# Android 4.1 AKA Jellybean [Discussion]



## Jaskwith (Oct 10, 2011)

So I am curious that there isn't a thread already started about this. I thought I would start one as a place to discuss theories about what Jellybean means for the future of Android, and more locally, its impact on the Thunderbolt.

One thing that keeps cropping up into my head is battery life, I have been reading the articles on engadget.com that they have been posting about Jellybean, and they all talk about "project butter". Apparently Project Butter is an attempt to make the whole Android experience lag free. Jellybean will run at 60fps throughout the OS, and as the articles state, the CPU will "swing into full geaR" as soon as you touch the screen to reduce lag etc etc... that all sounds very great, but I am wondering how this especially will effect battery life??? Its just the way they are describing it and the words they use just make me think that Project Butter is going to be Project 2hrs of use....especially because they are already going to be rolling out JB to the Galaxy Nexus, which was designed with ICS in mind? I don't understand how it could be optimal on said device.

All in all there are many more questions I have, but I lack an overall Android knowledge, so to keep from sounding any less intelligent than I already do, I will leave it up to this community to progress the dialogue. So what do you guys think?

P.S. Mostly all my information about JB I have been reading about has been at engadget.com they seem to be on the pulse with what is happening as it happens.


----------



## Hellboy (May 8, 2012)

It has been said that the gnex was made for jb in mind. You also need to realize the bolt processor is a single core. With more phones coming out with dual cores and a few overseas with quadcore I would guess jb will be more designed for those types of processors. I am sure we will see a form of jb in the dev community but will be watered down. It mostly relies on when and if we get an official ics release will that ril work with a jb build? If it doesn't then we are back to square one like we are with ics right now. Having builds that has everything working but data.
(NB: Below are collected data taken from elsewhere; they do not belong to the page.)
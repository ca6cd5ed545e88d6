ghost use Rattle.std.specs.Prelude.{◌≡◌, ◌==◌, if◌then◌else◌};
ghost use Rattle.ga_summary.specs.LastDays.{last_rows};
ghost use Rattle.ga_summary.specs.Sound.{RowsAreSound};
ghost use Rattle.ga_summary.specs.Steps.Entries.{AllClosed, rows_of};
ghost use Rattle.ga_summary.specs.Steps.LastDays.{IsBar, IsDayAt, count_days as many_days};
ghost use Rattle.ga_summary.specs.SummaryRows.{IsInOrder};

use crate::entry::Entry;
use crate::order::same_panel;
use ga_base::Panel;

/// Keeps the entries of the last days alone, this many of those that they have, or all where this is 0.
pub(crate) fn keep_last(entries: &mut Vec<Box<Entry>>, keep: u32)
    requires ordered { IsInOrder (rows_of entries.old.items) }
    requires sound { RowsAreSound (rows_of entries.old.items) }
    ensures rows { rows_of entries.new.items ≡ (if keep == 0 then rows_of entries.old.items else last_rows keep (rows_of entries.old.items)) }
    ensures closed { AllClosed entries.old.items → AllClosed entries.new.items }
{
    let bar = first_kept(entries, keep);
    if bar > 0 {
        entries.retain(|entry| entry.key.date >= bar);
    }
}

/// The first of the last days, this many of those that the entries have; 0 where all are kept.
fn first_kept(entries: &[Box<Entry>], keep: u32) -> u32
    requires ordered { IsInOrder (rows_of entries.now) }
    requires sound { RowsAreSound (rows_of entries.now) }
    ensures { IsBar keep (rows_of entries.now) result }
{
    let days = count_days(entries);
    let keep = keep as usize;
    if keep == 0 || days <= keep {
        return 0;
    }
    day_at(entries, days - keep)
}

/// How many days the entries have. They stand in front.
fn count_days(entries: &[Box<Entry>]) -> usize
    requires { IsInOrder (rows_of entries.now) }
    ensures { result ≡ many_days (rows_of entries.now) }
{
    let mut days = 0;
    for entry in entries {
        if !same_panel(entry.key.panel, Panel::Visitors) {
            return days;
        }
        if entry.key.is_day() {
            days += 1;
        }
    }
    days
}

/// The day at a place among the days of the entries, from 0; 0 where there are no more than this many.
fn day_at(entries: &[Box<Entry>], place: usize) -> u32
    ensures { IsDayAt (rows_of entries.now) place result }
{
    let mut left = place;
    for entry in entries {
        if entry.key.is_day() {
            if left == 0 {
                return entry.key.date;
            }
            left -= 1;
        }
    }
    0
}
I doubt we will see any devs write a ril for jb. As ics seems to prove impossible. So first you better hope an official ics ril for the bolt will work on a jb build.

As far as an offical release of jb on the bolt goes. You have a better chance to see it snow in Hawaii in July. It's not happening as the phone is dead as far as HTC is concerned. They are focusing on their One series line now. 
Sent from my ADR6400L using Tapatalk 2


----------



## number5toad (Sep 13, 2011)

did anybody else watch the Google I/O livestream this morning? Jelly Bean looks pretty awesome...I pre-ordered a Nexus 7 as soon as they went up on the Play store.


----------



## StephenMilone (Jul 21, 2011)

That Nexus 7 does look sweet. Bet you every Kindle Fire owner hates themselves right now...I know my sister does. I'm debating selling the 10" HP Touchpad for the 7" Nexus.

Waiting for my SDK update to finish so i can play with the image.


----------



## number5toad (Sep 13, 2011)

I got a Fire as a Christmas present last year...it's neat and all, but the thing I like most about it is the form factor, so I've been drooling at a pure Android 7" tablet since the first rumors. Now I guess I just have to droll for two more weeks...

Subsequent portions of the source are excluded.